#### What to work on:
Below are the entries; give again exactly the lines from the one mentioning "filename crates/collector_commands/src/surroundings.rt" through the one mentioning "filename crates/collector_commands/src/ledger.rt", inclusive.

#### Given records:

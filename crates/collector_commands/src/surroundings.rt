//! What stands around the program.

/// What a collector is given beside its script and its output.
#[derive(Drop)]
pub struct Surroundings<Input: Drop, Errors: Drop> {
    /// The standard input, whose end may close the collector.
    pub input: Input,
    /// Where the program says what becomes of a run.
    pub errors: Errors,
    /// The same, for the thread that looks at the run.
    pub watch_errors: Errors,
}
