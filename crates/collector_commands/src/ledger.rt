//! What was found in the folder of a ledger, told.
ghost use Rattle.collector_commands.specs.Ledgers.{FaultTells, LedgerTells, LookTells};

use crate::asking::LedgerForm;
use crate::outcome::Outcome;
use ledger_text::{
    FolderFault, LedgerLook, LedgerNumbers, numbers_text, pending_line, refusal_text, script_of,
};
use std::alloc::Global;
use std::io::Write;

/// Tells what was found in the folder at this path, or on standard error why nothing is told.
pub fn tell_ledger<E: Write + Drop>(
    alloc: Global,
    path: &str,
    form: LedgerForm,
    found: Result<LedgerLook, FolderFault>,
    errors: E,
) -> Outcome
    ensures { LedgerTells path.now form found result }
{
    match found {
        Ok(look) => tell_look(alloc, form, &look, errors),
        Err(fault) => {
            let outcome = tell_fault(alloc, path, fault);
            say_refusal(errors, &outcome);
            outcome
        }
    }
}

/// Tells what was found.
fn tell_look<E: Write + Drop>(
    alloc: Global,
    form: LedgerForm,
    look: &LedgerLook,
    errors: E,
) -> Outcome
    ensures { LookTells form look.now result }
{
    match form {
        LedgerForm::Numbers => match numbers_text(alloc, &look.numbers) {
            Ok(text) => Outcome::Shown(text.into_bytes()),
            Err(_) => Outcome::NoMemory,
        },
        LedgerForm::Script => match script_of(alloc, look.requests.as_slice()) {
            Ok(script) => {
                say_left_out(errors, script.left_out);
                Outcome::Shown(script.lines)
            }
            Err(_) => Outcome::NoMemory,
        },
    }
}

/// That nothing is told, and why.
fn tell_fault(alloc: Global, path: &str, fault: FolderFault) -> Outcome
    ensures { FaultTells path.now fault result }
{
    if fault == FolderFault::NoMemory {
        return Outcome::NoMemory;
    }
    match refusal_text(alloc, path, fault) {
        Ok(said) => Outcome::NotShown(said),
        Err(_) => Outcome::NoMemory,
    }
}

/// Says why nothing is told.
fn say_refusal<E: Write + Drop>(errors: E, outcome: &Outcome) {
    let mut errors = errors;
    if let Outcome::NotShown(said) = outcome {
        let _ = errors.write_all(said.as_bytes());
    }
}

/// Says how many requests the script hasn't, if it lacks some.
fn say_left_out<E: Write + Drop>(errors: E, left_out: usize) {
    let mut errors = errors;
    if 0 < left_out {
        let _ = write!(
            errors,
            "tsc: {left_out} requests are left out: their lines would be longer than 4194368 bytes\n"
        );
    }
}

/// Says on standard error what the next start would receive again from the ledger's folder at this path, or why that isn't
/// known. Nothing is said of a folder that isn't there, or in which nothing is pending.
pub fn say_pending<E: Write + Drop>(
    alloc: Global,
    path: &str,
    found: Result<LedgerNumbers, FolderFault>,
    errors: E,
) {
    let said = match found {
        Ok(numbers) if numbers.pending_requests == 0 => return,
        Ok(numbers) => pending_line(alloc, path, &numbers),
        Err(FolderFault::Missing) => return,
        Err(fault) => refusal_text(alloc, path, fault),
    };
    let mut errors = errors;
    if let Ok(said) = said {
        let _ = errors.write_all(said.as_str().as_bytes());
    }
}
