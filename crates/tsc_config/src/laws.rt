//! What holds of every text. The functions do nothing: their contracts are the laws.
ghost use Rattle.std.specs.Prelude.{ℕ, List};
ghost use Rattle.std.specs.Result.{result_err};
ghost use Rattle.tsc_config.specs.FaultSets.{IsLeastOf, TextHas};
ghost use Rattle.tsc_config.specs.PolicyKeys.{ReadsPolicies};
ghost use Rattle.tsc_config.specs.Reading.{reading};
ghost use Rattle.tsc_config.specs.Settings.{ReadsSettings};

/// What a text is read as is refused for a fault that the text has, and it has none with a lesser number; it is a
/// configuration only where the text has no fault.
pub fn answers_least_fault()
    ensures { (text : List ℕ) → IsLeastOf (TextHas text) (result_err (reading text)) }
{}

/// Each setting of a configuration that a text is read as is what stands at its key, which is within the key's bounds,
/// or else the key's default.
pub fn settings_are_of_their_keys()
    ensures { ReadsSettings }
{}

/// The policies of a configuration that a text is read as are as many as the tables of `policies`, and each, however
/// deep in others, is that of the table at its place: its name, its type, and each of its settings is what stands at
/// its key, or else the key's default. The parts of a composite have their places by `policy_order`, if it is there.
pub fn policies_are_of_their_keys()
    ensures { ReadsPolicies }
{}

==

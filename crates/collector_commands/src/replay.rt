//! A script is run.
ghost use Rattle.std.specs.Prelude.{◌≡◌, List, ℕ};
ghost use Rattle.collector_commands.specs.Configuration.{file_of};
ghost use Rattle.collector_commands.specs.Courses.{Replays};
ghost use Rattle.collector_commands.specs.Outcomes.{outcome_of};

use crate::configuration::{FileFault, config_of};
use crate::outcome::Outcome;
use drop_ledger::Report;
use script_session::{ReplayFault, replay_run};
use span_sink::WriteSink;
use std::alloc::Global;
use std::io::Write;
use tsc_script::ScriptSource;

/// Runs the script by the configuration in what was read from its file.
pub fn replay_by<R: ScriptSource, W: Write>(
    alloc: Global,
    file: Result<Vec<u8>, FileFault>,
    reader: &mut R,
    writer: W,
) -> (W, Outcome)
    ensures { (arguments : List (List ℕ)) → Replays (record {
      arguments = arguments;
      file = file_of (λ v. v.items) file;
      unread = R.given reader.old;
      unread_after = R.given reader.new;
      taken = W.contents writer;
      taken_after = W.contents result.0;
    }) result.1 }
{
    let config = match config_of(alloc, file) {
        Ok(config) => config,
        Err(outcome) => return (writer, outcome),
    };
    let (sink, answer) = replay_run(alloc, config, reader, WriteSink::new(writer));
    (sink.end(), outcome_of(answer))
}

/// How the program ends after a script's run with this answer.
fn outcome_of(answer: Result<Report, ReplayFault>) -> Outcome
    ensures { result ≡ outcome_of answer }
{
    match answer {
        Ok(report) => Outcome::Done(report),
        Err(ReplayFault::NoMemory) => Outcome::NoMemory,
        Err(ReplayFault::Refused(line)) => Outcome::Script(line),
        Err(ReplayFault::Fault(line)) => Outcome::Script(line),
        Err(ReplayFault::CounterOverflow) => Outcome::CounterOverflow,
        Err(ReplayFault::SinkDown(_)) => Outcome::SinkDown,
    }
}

* * *

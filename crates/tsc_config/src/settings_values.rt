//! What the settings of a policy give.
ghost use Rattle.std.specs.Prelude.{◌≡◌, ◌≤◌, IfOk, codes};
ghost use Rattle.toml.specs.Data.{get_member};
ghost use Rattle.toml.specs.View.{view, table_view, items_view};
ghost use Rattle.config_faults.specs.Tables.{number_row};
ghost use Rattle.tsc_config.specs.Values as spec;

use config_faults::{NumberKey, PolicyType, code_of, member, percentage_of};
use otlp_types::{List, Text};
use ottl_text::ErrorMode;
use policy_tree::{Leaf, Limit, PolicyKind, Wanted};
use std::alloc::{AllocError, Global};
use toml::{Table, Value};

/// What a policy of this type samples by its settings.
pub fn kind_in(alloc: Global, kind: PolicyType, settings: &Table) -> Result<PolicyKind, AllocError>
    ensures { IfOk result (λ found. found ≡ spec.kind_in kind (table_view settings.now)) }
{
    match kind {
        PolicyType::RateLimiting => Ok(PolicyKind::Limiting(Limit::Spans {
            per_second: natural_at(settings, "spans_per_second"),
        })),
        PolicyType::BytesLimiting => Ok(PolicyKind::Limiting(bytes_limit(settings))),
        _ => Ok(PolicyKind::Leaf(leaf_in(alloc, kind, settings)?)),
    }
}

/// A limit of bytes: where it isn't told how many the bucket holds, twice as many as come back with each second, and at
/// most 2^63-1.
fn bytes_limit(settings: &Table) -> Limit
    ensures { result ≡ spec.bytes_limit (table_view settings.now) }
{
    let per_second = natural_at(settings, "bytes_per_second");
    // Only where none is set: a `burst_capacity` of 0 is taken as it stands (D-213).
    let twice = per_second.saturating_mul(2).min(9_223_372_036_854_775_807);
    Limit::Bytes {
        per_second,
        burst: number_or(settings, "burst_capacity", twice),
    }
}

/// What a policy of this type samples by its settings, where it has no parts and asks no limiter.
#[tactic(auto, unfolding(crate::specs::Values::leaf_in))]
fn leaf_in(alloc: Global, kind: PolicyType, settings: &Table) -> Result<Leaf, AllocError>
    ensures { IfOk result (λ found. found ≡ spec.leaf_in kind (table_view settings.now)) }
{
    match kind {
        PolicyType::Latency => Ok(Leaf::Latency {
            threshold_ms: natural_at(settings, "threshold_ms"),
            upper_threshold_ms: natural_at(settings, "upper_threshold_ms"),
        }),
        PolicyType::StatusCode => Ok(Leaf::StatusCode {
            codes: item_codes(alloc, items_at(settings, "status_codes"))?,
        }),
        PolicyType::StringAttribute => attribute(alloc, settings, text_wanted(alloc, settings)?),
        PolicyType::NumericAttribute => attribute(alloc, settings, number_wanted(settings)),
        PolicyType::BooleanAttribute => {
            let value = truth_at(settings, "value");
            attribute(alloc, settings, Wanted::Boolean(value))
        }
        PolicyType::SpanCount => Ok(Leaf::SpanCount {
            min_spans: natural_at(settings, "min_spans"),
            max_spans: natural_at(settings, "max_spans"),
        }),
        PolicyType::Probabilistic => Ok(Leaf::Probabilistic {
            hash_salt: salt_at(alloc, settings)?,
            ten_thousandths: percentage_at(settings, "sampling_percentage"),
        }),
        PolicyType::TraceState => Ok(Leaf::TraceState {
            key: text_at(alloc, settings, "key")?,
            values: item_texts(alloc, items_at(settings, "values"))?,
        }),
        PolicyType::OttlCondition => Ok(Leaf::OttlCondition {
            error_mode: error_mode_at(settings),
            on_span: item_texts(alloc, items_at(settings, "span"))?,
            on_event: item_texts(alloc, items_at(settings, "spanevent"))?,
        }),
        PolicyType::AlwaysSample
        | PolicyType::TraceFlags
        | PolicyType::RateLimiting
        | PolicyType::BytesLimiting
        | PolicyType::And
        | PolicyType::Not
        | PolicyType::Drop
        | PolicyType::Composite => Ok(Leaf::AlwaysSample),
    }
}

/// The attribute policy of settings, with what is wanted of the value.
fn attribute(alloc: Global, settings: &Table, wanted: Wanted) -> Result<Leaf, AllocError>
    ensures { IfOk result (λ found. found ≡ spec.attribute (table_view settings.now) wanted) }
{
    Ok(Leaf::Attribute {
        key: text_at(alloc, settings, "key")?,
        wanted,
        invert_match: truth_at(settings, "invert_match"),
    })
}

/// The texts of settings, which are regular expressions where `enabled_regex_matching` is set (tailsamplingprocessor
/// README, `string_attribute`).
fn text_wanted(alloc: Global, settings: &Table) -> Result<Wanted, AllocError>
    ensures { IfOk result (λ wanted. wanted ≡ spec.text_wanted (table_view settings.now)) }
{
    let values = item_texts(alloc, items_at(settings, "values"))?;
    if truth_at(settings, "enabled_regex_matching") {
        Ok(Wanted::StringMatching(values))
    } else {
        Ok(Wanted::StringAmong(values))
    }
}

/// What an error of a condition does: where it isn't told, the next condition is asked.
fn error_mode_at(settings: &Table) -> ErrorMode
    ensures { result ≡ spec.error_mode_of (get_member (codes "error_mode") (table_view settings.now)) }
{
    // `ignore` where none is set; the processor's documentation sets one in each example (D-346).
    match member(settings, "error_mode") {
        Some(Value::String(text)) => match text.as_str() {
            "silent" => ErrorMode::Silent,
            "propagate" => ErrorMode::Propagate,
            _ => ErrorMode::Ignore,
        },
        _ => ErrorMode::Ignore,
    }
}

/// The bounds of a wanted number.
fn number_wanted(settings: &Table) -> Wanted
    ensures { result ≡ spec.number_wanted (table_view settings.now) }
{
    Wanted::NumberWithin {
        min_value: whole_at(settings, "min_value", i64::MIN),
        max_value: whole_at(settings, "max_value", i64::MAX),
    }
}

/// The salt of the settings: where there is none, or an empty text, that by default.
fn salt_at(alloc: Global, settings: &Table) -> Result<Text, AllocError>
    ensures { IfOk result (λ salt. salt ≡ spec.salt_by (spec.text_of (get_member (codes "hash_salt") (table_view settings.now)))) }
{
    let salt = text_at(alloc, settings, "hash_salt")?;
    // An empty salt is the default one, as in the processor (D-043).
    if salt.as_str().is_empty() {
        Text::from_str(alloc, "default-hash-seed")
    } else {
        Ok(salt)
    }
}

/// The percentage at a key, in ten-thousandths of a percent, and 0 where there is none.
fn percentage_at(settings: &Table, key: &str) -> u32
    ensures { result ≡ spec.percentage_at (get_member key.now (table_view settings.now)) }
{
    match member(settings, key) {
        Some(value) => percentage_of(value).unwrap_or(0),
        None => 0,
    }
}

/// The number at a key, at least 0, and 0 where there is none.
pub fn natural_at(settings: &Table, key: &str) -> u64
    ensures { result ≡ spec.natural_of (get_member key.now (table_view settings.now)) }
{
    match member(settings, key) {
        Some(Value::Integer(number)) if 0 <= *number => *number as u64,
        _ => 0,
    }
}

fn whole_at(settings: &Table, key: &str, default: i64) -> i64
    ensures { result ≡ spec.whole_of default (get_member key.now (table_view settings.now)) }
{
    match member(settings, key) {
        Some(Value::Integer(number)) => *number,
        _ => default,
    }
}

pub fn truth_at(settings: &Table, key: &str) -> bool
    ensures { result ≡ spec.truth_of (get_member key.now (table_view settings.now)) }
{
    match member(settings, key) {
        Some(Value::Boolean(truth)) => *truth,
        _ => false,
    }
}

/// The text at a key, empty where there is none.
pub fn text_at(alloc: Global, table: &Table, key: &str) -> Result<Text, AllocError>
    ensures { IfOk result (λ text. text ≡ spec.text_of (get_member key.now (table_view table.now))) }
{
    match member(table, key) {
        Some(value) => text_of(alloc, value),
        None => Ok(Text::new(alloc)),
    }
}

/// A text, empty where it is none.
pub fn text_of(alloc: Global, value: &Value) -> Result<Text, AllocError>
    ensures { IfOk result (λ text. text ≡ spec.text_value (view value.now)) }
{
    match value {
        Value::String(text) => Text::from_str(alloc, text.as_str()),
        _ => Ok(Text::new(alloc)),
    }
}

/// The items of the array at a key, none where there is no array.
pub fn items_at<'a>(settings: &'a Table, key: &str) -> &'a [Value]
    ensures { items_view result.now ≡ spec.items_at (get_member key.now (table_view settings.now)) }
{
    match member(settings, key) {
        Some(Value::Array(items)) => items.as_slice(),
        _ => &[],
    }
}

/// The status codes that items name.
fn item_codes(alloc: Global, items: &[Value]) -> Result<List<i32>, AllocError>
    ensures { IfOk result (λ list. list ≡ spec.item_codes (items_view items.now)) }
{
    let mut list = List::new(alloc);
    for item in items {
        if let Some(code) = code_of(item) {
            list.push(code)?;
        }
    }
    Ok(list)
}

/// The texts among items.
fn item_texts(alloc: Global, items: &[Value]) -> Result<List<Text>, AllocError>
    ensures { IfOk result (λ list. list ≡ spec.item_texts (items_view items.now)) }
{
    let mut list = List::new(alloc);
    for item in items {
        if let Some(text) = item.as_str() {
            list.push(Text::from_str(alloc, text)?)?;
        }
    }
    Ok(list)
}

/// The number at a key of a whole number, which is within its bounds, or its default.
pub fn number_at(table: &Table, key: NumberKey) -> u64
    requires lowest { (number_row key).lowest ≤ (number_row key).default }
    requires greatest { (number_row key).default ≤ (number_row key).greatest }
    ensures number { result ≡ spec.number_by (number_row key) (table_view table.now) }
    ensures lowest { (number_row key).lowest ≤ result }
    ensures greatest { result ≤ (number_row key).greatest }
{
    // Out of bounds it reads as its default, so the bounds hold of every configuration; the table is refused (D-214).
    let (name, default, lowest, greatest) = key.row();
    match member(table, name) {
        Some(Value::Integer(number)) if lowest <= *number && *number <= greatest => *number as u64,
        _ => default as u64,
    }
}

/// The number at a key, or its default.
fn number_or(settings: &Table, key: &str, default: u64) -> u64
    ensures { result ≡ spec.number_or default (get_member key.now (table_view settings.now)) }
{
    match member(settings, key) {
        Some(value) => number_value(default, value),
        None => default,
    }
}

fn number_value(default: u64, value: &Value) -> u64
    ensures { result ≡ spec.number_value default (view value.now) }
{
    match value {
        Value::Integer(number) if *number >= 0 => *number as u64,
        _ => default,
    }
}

#### Answer to the exercise:
filename crates/collector_commands/src/surroundings.rt
//! What stands around the program.

/// What a collector is given beside its script and its output.
#[derive(Drop)]
pub struct Surroundings<Input: Drop, Errors: Drop> {
    /// The standard input, whose end may close the collector.
    pub input: Input,
    /// Where the program says what becomes of a run.
    pub errors: Errors,
    /// The same, for the thread that looks at the run.
    pub watch_errors: Errors,
}
filename crates/collector_commands/src/ledger.rt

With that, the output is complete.